# Records to process
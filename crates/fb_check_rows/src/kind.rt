//! The rows of a certificate by their kinds.

ghost use Rattle.std.specs.Prelude.{◌≡◌, length, slice_get};
ghost use Rattle.std.specs.Option.{option_map};
ghost use Rattle.fb_cert.specs.Views.{rows_of};
ghost use Rattle.fb_model.specs.Names.{is_in};
ghost use Rattle.fb_check_rows.specs.Texts.{paths_of};

use fb_cert::Certificate;

/// A kind of rows that each system must have.
#[derive(Clone, Copy)]
pub enum RowKind {
    Charge,
    Weight,
    Range,
    Depth,
}

/// The rows of a certificate that go by a path.
#[derive(Clone, Copy)]
pub(crate) enum PathRows {
    Charges,
    Weights,
    Ranges,
    Depths,
    Fars,
    FarStates,
}

/// Whether the certificate has a row of this path.
pub(crate) fn has_row(certificate: &Certificate, kind: PathRows, path: &str) -> bool
    ensures { result ≡ is_in path.now (paths_of kind (rows_of certificate.now)) }
{
    match kind {
        PathRows::Charges => certificate.charge(path).is_some(),
        PathRows::Weights => certificate.weight(path).is_some(),
        PathRows::Ranges => certificate.range(path).is_some(),
        PathRows::Depths => certificate.depth(path).is_some(),
        PathRows::Fars => certificate.far(path).is_some(),
        PathRows::FarStates => certificate.far_state(path).is_some(),
    }
}

/// How many rows of the kind the certificate has.
pub(crate) fn row_count(certificate: &Certificate, kind: PathRows) -> usize
    ensures { result ≡ length (paths_of kind (rows_of certificate.now)) }
{
    match kind {
        PathRows::Charges => certificate.charge_count(),
        PathRows::Weights => certificate.weight_count(),
        PathRows::Ranges => certificate.range_count(),
        PathRows::Depths => certificate.depth_count(),
        PathRows::Fars => certificate.far_count(),
        PathRows::FarStates => certificate.far_state_count(),
    }
}

/// The path of the row of the kind at an index in text order.
pub(crate) fn path_at(certificate: &Certificate, kind: PathRows, index: usize) -> Option<&str>
    ensures { option_map (λ p. p.now) result ≡ slice_get (paths_of kind (rows_of certificate.now)) index }
{
    match kind {
        PathRows::Charges => Some(certificate.charge_at(index)?.0),
        PathRows::Weights => Some(certificate.weight_at(index)?.0),
        PathRows::Ranges => Some(certificate.range_at(index)?.0),
        PathRows::Depths => Some(certificate.depth_at(index)?.0),
        PathRows::Fars => Some(certificate.far_at(index)?.0),
        PathRows::FarStates => Some(certificate.far_state_at(index)?.0),
    }
}
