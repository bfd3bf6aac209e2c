//! The rows that a system must have, kind by kind.

ghost use Rattle.std.specs.Prelude.{◌≡◌, [], map, string_bytes, IfOk, IfErr, OnOk};
ghost use Rattle.std.specs.List.{flat_map};
ghost use Rattle.fb_model.specs.Wires.{Charted, Serviced};
ghost use Rattle.fb_model.specs.Certificates.{is_boolean as is_true};
ghost use Rattle.fb_types_blocks.specs.Views.{names_of, variables_of, block_of};
ghost use Rattle.fb_types_services.specs.Views.{service_of};
ghost use Rattle.fb_flat.specs.Sites.{dotted};
ghost use Rattle.fb_check_rows.specs.declared.kind.RowKind.TheVariants.{Weight, Range};
ghost use Rattle.fb_check_rows.specs.Members.{gathered, with_name};
ghost use Rattle.fb_check_rows.specs.Texts.{texts_in, ranged_names, row_names, leaf_texts, resource_texts, device_texts, texts_of};
ghost use Rattle.fb_check_rows.specs.Faults.{IsMemory};

use crate::kind::RowKind;
use fb_faults::RowFault;
use fb_flat::{Body, Flat, FlatDevice, FlatResource, Leaf, joined};
use fb_types_blocks::{Block, Variables};
use fb_types_services::Service;
use fb_words::ElemType;
use indexmap::{IndexMap, IndexSet};
use std::alloc::Global;

// A row is required.
fn require(rows: &mut IndexSet<String>, row: String) -> Result<(), RowFault>
    ensures rows { OnOk result (names_of rows.new ≡ with_name (names_of rows.old) (string_bytes row)) }
    ensures memory { IfErr result IsMemory }
{
    let _ = rows.insert(row)?;
    Ok(())
}

// The row of a name behind a path is required.
fn require_name(
    alloc: Global,
    rows: &mut IndexSet<String>,
    path: &str,
    name: &str,
) -> Result<(), RowFault>
    ensures rows { OnOk result (names_of rows.new ≡ with_name (names_of rows.old) (dotted path.now name.now)) }
    ensures memory { IfErr result IsMemory }
{
    require(rows, joined(alloc, path, name)?)
}

// The rows of names are required.
fn require_names(
    alloc: Global,
    rows: &mut IndexSet<String>,
    path: &str,
    names: &[&str],
) -> Result<(), RowFault>
    ensures rows { OnOk result (names_of rows.new ≡ gathered (names_of rows.old) (texts_in path.now (map (λ n. n.now) names.now))) }
    ensures memory { IfErr result IsMemory }
{
    for name in names {
        require_name(alloc, rows, path, *name)?;
    }
    Ok(())
}

// The rows of all names of a table are required.
fn require_table<V>(
    alloc: Global,
    rows: &mut IndexSet<String>,
    path: &str,
    table: &IndexMap<String, V>,
) -> Result<(), RowFault>
    ensures rows { OnOk result (names_of rows.new ≡ gathered (names_of rows.old) (texts_in path.now (map (λ p. string_bytes p.0) table.now.entries))) }
    ensures memory { IfErr result IsMemory }
{
    for index in 0..table.len() {
        let Some((name, _)) = table.get_index(index) else {
            return Ok(());
        };
        require_name(alloc, rows, path, name.as_str())?;
    }
    Ok(())
}

// Whether a type has the two truth values alone.
fn is_boolean(of: ElemType) -> bool
    ensures { result ≡ is_true of }
{
    match of {
        ElemType::Bool => true,
        _ => false,
    }
}

// The rows RANGE of variables are required: of those that are not BOOL.
fn require_variables(
    alloc: Global,
    rows: &mut IndexSet<String>,
    path: &str,
    variables: &Variables,
) -> Result<(), RowFault>
    ensures rows { OnOk result (names_of rows.new ≡ gathered (names_of rows.old) (texts_in path.now (ranged_names (variables_of variables.now)))) }
    ensures memory { IfErr result IsMemory }
{
    for index in 0..variables.len() {
        let Some((name, variable)) = variables.get_index(index) else {
            return Ok(());
        };
        if !is_boolean(variable.of_type) {
            require_name(alloc, rows, path, name.as_str())?;
        }
    }
    Ok(())
}

// The rows RANGE of a basic block are required.
fn require_ranges(
    alloc: Global,
    rows: &mut IndexSet<String>,
    path: &str,
    block: &Block,
) -> Result<(), RowFault>
    ensures rows { OnOk result (names_of rows.new ≡ gathered (names_of rows.old) (texts_in path.now (row_names Range (Charted (block_of block.now))))) }
    ensures memory { IfErr result IsMemory }
{
    require_variables(alloc, rows, path, &block.face.inputs)?;
    require_variables(alloc, rows, path, &block.face.outputs)?;
    require_variables(alloc, rows, path, &block.internals)
}

// The rows of a basic block are required.
fn require_block(
    alloc: Global,
    kind: RowKind,
    rows: &mut IndexSet<String>,
    path: &str,
    block: &Block,
) -> Result<(), RowFault>
    ensures rows { OnOk result (names_of rows.new ≡ gathered (names_of rows.old) (texts_in path.now (row_names kind (Charted (block_of block.now))))) }
    ensures memory { IfErr result IsMemory }
{
    match kind {
        RowKind::Charge => require_table(alloc, rows, path, &block.states),
        RowKind::Weight => require_table(alloc, rows, path, &block.face.event_inputs),
        RowKind::Range => require_ranges(alloc, rows, path, block),
        RowKind::Depth => Ok(()),
    }
}

// The rows WEIGHT of a service are required.
fn require_events(
    alloc: Global,
    rows: &mut IndexSet<String>,
    path: &str,
    service: &Service,
) -> Result<(), RowFault>
    ensures rows { OnOk result (names_of rows.new ≡ gathered (names_of rows.old) (texts_in path.now (row_names Weight (Serviced (service_of service.now))))) }
    ensures memory { IfErr result IsMemory }
{
    require_names(alloc, rows, path, service.event_inputs())?;
    match service.arrival() {
        Some(event) => require_name(alloc, rows, path, event),
        None => Ok(()),
    }
}

// The rows of a service are required.
fn require_service(
    alloc: Global,
    kind: RowKind,
    rows: &mut IndexSet<String>,
    path: &str,
    service: &Service,
) -> Result<(), RowFault>
    ensures rows { OnOk result (names_of rows.new ≡ gathered (names_of rows.old) (texts_in path.now (row_names kind (Serviced (service_of service.now))))) }
    ensures memory { IfErr result IsMemory }
{
    match kind {
        RowKind::Weight => require_events(alloc, rows, path, service),
        RowKind::Charge | RowKind::Range | RowKind::Depth => Ok(()),
    }
}

// The rows of a leaf are required.
fn require_leaf(
    alloc: Global,
    kind: RowKind,
    rows: &mut IndexSet<String>,
    leaf: &Leaf,
) -> Result<(), RowFault>
    ensures rows { OnOk result (names_of rows.new ≡ gathered (names_of rows.old) (leaf_texts kind leaf.now)) }
    ensures memory { IfErr result IsMemory }
{
    match &leaf.body {
        Body::Basic(block) => require_block(alloc, kind, rows, leaf.path.as_str(), block),
        Body::Served(service) => require_service(alloc, kind, rows, leaf.path.as_str(), service),
    }
}

// The rows of leaves are required.
fn require_leaves(
    alloc: Global,
    kind: RowKind,
    rows: &mut IndexSet<String>,
    leaves: &[Leaf],
) -> Result<(), RowFault>
    ensures rows { OnOk result (names_of rows.new ≡ gathered (names_of rows.old) (flat_map (leaf_texts kind) leaves.now)) }
    ensures memory { IfErr result IsMemory }
{
    for leaf in leaves {
        require_leaf(alloc, kind, rows, leaf)?;
    }
    Ok(())
}

// The rows of a resource are required.
fn require_resource(
    alloc: Global,
    kind: RowKind,
    rows: &mut IndexSet<String>,
    resource: &FlatResource,
) -> Result<(), RowFault>
    ensures rows { OnOk result (names_of rows.new ≡ gathered (names_of rows.old) (resource_texts kind resource.now)) }
    ensures memory { IfErr result IsMemory }
{
    match kind {
        RowKind::Charge => require_leaves(alloc, kind, rows, resource.leaves.as_slice()),
        RowKind::Weight => require_leaves(alloc, kind, rows, resource.leaves.as_slice()),
        RowKind::Range => require_leaves(alloc, kind, rows, resource.leaves.as_slice()),
        RowKind::Depth => require(rows, resource.path.clone()?),
    }
}

// The rows of a device are required.
fn require_device(
    alloc: Global,
    kind: RowKind,
    rows: &mut IndexSet<String>,
    device: &FlatDevice,
) -> Result<(), RowFault>
    ensures rows { OnOk result (names_of rows.new ≡ gathered (names_of rows.old) (device_texts kind device.now)) }
    ensures memory { IfErr result IsMemory }
{
    for resource in &device.resources {
        require_resource(alloc, kind, rows, resource)?;
    }
    Ok(())
}

/// The rows of a kind that a system must have, in text order.
pub fn required(alloc: Global, kind: RowKind, flat: &Flat) -> Result<IndexSet<String>, RowFault>
    ensures rows { IfOk result (λ rows. names_of rows ≡ gathered [] (texts_of kind flat.now.devices.items)) }
    ensures memory { IfErr result IsMemory }
{
    let mut rows = IndexSet::new(alloc);
    for device in &flat.devices {
        require_device(alloc, kind, &mut rows, device)?;
    }
    Ok(rows)
}
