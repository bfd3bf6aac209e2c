//! A law of certificates that texts spell.

ghost use Rattle.std.specs.Prelude.{ℕ, List};
ghost use Rattle.fb_model.specs.Certificates.{Certificate};
ghost use Rattle.fb_model.specs.CertificateText.{Spells};
ghost use Rattle.fb_check_rows.specs.Faults.{HasNoRowTwice};

/// No certificate that a text spells has a row twice.
pub fn no_row_is_spelled_twice()
    ensures { (text : List ℕ) (certificate : Certificate) → Spells text certificate → HasNoRowTwice certificate }
{}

# Prompt
Copy out each line in the preceding records that contains "ElemType".

# The answer
use fb_words::ElemType;
fn is_boolean(of: ElemType) -> bool
        ElemType::Bool => true,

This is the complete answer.